:: Instructions to follow ::
From the data below, copy exactly the lines that lie between the one holding "use grub_plan::Plan;" and the one holding "put_curve(out, frame, r, &queue.this, base, false)?;", including both, and nothing more.

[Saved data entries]
┏━━
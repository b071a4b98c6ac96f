//! Which tasks have a lane on a runqueue.

ghost use Rattle.std.specs.Prelude.{◌<◌, ◌≤◌, All, IfOk, length, vec_len};

use crate::bars::{are_seen, bars_of};
use grub_timeline::Step;
use std::alloc::{AllocError, Global};
use svg::Frame;

/// The tasks that have a lane on runqueue `r`: of the first so many, by the own steps of each, those that are on it at some
/// time of the span. It is refused where the allocator refused.
pub fn lanes_of(
    alloc: Global,
    frame: Frame,
    r: u32,
    owns: &[Vec<Step>],
    tasks: u32,
) -> Result<Vec<u32>, AllocError>
    requires { tasks ≤ length owns.now }
    ensures within { IfOk result (λ v. All (λ t. t < tasks) v.items) }
    ensures most { IfOk result (λ v. vec_len v ≤ tasks) }
{
    let mut lanes = Vec::new(alloc);
    for t in 0..tasks {
        let bars = bars_of(alloc, r, own_of(owns, t), frame)?;
        if are_seen(frame, &bars) {
            lanes.push(t)?;
        }
    }
    Ok(lanes)
}

/// The steps of task `t`, of those of each task.
pub(crate) fn own_of(owns: &[Vec<Step>], t: u32) -> &[Step]
    requires { t < length owns.now }
{
    owns[t as usize].as_slice()
}
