//! The curves of a runqueue: its bandwidths over time.

use grub_book::Reading;
use grub_timeline::Step;
use std::alloc::{AllocError, Global};
use svg::{Frame, LEFT, height_of, put_number, put_text};

/// A bandwidth, and how far right a curve comes to it, in pixels.
#[derive(Clone, Copy)]
pub struct CurvePoint {
    pub x: u64,
    pub bandwidth: u32,
}

/// The points of the step curve of a bandwidth of runqueue `r`: running_bw, or this_bw. It begins at the span's left end
/// with 0, and has for each column the last reading of it, where it is another than that before. It is refused where the
/// allocator refused.
pub fn points_of(
    alloc: Global,
    frame: Frame,
    r: u32,
    steps: &[Step],
    running: bool,
) -> Result<Vec<CurvePoint>, AllocError> {
    let mut points = Vec::new(alloc);
    let mut column = LEFT;
    let mut now = 0;
    let mut shown = 0;
    for x in steps {
        if is_read(frame, r, x) {
            let next = frame.x(u64::from(x.told.entry.m));
            if next > column {
                push_point(&mut points, column, shown, now)?;
                shown = now;
                column = next;
            }
            now = bandwidth_in(running, x.reading);
        }
    }
    push_point(&mut points, column, shown, now)?;
    Ok(points)
}

/// Appends a point, where another bandwidth was shown before.
fn push_point(
    points: &mut Vec<CurvePoint>,
    x: u64,
    shown: u32,
    now: u32,
) -> Result<(), AllocError> {
    if shown == now {
        return Ok(());
    }
    points.push(CurvePoint { x, bandwidth: now })?;
    Ok(())
}

fn is_read(frame: Frame, r: u32, x: &Step) -> bool {
    x.queue == r && x.told.entry.m <= frame.to
}

fn bandwidth_in(running: bool, reading: Reading) -> u32 {
    if running {
        reading.running
    } else {
        reading.this
    }
}

/// Appends the curve of these points on the base at `base`.
pub(crate) fn put_curve(
    out: &mut Vec<u8>,
    frame: Frame,
    r: u32,
    points: &[CurvePoint],
    base: u32,
    running: bool,
) -> Result<(), AllocError> {
    let (class, word) = if running {
        ("r", "running_bw")
    } else {
        ("t", "this_bw")
    };
    out.extend_from_slice(b"<path class=\"")?;
    put_text(out, class)?;
    put_number(out, b"\" d=\"M130 ", u64::from(base))?;
    for point in points {
        put_number(out, b"H", point.x)?;
        let height = height_of(point.bandwidth);
        put_number(out, b"V", u64::from(base).saturating_sub(height))?;
    }
    put_number(out, b"H", frame.right())?;
    put_number(out, b"V", u64::from(base))?;
    put_number(out, b"Z\"><title>runqueue ", u64::from(r))?;
    out.extend_from_slice(b": ")?;
    put_text(out, word)?;
    out.extend_from_slice(b"</title></path>\n")?;
    Ok(())
}
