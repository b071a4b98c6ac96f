//! When a task was on a runqueue, and in which state.

use grub_book::{Place, Reply, State};
use grub_plan::Answer;
use grub_timeline::{Change, Step};
use std::alloc::{AllocError, Global};
use svg::{Bar, Frame};

/// A bar that has begun and not ended.
#[derive(Clone, Copy)]
struct Begun {
    state: State,
    from: u32,
}

/// The bars of a task on runqueue `r` up to the end of a picture, by the task's own steps. Neighbours of one state are
/// one bar. It is refused where the allocator refused.
pub fn bars_of(alloc: Global, r: u32, own: &[Step], frame: Frame) -> Result<Vec<Bar>, AllocError> {
    let mut bars = Vec::new(alloc);
    let mut current: Option<Begun> = None;
    for x in own {
        let next = state_on(r, x.change);
        push_ended(&mut bars, current, next, x.told.entry.m)?;
        current = begun_after(current, next, x.told.entry.m);
    }
    push_last(&mut bars, current, frame.to)?;
    Ok(bars)
}

/// Ends a bar where the task comes to another state.
fn push_ended(
    bars: &mut Vec<Bar>,
    current: Option<Begun>,
    next: Option<State>,
    m: u32,
) -> Result<(), AllocError> {
    let Some(Begun { state, from }) = current else {
        return Ok(());
    };
    if is_still(state, next) {
        return Ok(());
    }
    bars.push(Bar { state, from, to: m })?;
    Ok(())
}

/// Ends the last bar.
fn push_last(bars: &mut Vec<Bar>, current: Option<Begun>, end: u32) -> Result<(), AllocError> {
    if let Some(Begun { state, from }) = current {
        bars.push(Bar {
            state,
            from,
            to: end,
        })?;
    }
    Ok(())
}

/// The bar that goes on or begins where the task comes to a state.
fn begun_after(current: Option<Begun>, next: Option<State>, m: u32) -> Option<Begun> {
    match current {
        Some(begun) => {
            if is_still(begun.state, next) {
                Some(begun)
            } else {
                opened(next, m)
            }
        }
        None => opened(next, m),
    }
}

fn opened(state: Option<State>, m: u32) -> Option<Begun> {
    Some(Begun {
        state: state?,
        from: m,
    })
}

fn is_still(state: State, next: Option<State>) -> bool {
    match next {
        Some(now) => is_state(state, now),
        None => false,
    }
}

fn is_state(a: State, b: State) -> bool {
    match a {
        State::Contending => match b {
            State::Contending => true,
            State::NonContending | State::Inactive => false,
        },
        State::NonContending => match b {
            State::NonContending => true,
            State::Contending | State::Inactive => false,
        },
        State::Inactive => match b {
            State::Inactive => true,
            State::Contending | State::NonContending => false,
        },
    }
}

/// The state of a task on runqueue `r` after a step of its own.
fn state_on(r: u32, change: Option<Change>) -> Option<State> {
    state_at(r, change?.place)
}

fn state_at(r: u32, place: Place) -> Option<State> {
    match place {
        Place::On(s, state) => { if s == r { Some(state) } else { None } }
        Place::Away | Place::Gone => None,
    }
}

/// Whether one of the bars lies in the span of a picture, if only in part.
pub(crate) fn are_seen(frame: Frame, bars: &[Bar]) -> bool {
    for bar in bars {
        if is_seen(frame, *bar) {
            return true;
        }
    }
    false
}

fn is_seen(frame: Frame, bar: Bar) -> bool {
    bar.from <= frame.to && frame.from <= bar.to
}

/// The deadline that a step of runqueue `r` postponed to.
pub(crate) fn postponed(r: u32, x: &Step) -> Option<u32> {
    if x.queue != r {
        return None;
    }
    match x.told.entry.answer {
        Answer::Replied(Reply::Charged { k, d, .. }) => { if k > 0 { Some(d) } else { None } }
        _ => None,
    }
}
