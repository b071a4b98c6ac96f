//! What a layout looks like, as SVG.

ghost use Rattle.std.specs.Prelude.{◌<◌, All, length};

use crate::curve::put_curve;
use crate::layout::{LaneLayout, RunqueueLayout, TOP};
use crate::tick::put_ticks;
use grub_plan::Plan;
use std::alloc::AllocError;
use svg::{Frame, put_bars, put_number, put_scale, put_umax};

/// How far below the top of a runqueue the base of its curves is.
const BASE: u32 = 84;

/// Where the last runqueue ends.
pub(crate) fn bottom_of(layout: &[RunqueueLayout]) -> u32 {
    match layout.last() {
        Some(queue) => queue.bottom,
        None => TOP,
    }
}

/// Appends the runqueues.
pub(crate) fn put_queues(
    out: &mut Vec<u8>,
    plan: &Plan,
    frame: Frame,
    layout: &[RunqueueLayout],
) -> Result<(), AllocError>
    requires { All (λ q. All (λ l. l.task < length plan.now.setup.tasks) q.lanes.items) layout.now }
{
    for queue in layout {
        put_queue(out, plan, frame, queue)?;
    }
    Ok(())
}

/// A runqueue: its name, its scale, its curves, its Umax and its lanes.
fn put_queue(
    out: &mut Vec<u8>,
    plan: &Plan,
    frame: Frame,
    queue: &RunqueueLayout,
) -> Result<(), AllocError>
    requires { All (λ l. l.task < length plan.now.setup.tasks) queue.now.lanes.items }
{
    let r = queue.runqueue;
    let base = queue.y.saturating_add(BASE);
    put_number(
        out,
        b"<text class=\"q\" x=\"8\" y=\"",
        u64::from(queue.y) + 9,
    )?;
    put_number(out, b"\">runqueue ", u64::from(r))?;
    out.extend_from_slice(b"</text>\n")?;
    put_scale(out, frame, base)?;
    put_curve(out, frame, r, &queue.this, base, false)?;
    put_curve(out, frame, r, &queue.running, base, true)?;
    put_umax(out, frame, base, queue.umax, r)?;
    put_lanes(out, plan, r, &queue.lanes)
}

/// The lanes of runqueue `r`.
fn put_lanes(out: &mut Vec<u8>, plan: &Plan, r: u32, lanes: &[LaneLayout]) -> Result<(), AllocError>
    requires { All (λ l. l.task < length plan.now.setup.tasks) lanes.now }
{
    for lane in lanes {
        put_lane(out, plan, r, lane)?;
    }
    Ok(())
}

/// A lane: the name of its task, its bars and its ticks.
fn put_lane(out: &mut Vec<u8>, plan: &Plan, r: u32, lane: &LaneLayout) -> Result<(), AllocError>
    requires { lane.now.task < length plan.now.setup.tasks }
{
    let name = plan.name(lane.task);
    put_bars(out, r, name, &lane.rects, lane.y)?;
    put_ticks(out, name, &lane.ticks, lane.y)
}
┗━━
:: The answer ::
use grub_plan::Plan;
use std::alloc::AllocError;
use svg::{Frame, put_bars, put_number, put_scale, put_umax};

/// How far below the top of a runqueue the base of its curves is.
const BASE: u32 = 84;

/// Where the last runqueue ends.
pub(crate) fn bottom_of(layout: &[RunqueueLayout]) -> u32 {
    match layout.last() {
        Some(queue) => queue.bottom,
        None => TOP,
    }
}

/// Appends the runqueues.
pub(crate) fn put_queues(
    out: &mut Vec<u8>,
    plan: &Plan,
    frame: Frame,
    layout: &[RunqueueLayout],
) -> Result<(), AllocError>
    requires { All (λ q. All (λ l. l.task < length plan.now.setup.tasks) q.lanes.items) layout.now }
{
    for queue in layout {
        put_queue(out, plan, frame, queue)?;
    }
    Ok(())
}

/// A runqueue: its name, its scale, its curves, its Umax and its lanes.
fn put_queue(
    out: &mut Vec<u8>,
    plan: &Plan,
    frame: Frame,
    queue: &RunqueueLayout,
) -> Result<(), AllocError>
    requires { All (λ l. l.task < length plan.now.setup.tasks) queue.now.lanes.items }
{
    let r = queue.runqueue;
    let base = queue.y.saturating_add(BASE);
    put_number(
        out,
        b"<text class=\"q\" x=\"8\" y=\"",
        u64::from(queue.y) + 9,
    )?;
    put_number(out, b"\">runqueue ", u64::from(r))?;
    out.extend_from_slice(b"</text>\n")?;
    put_scale(out, frame, base)?;
    put_curve(out, frame, r, &queue.this, base, false)?;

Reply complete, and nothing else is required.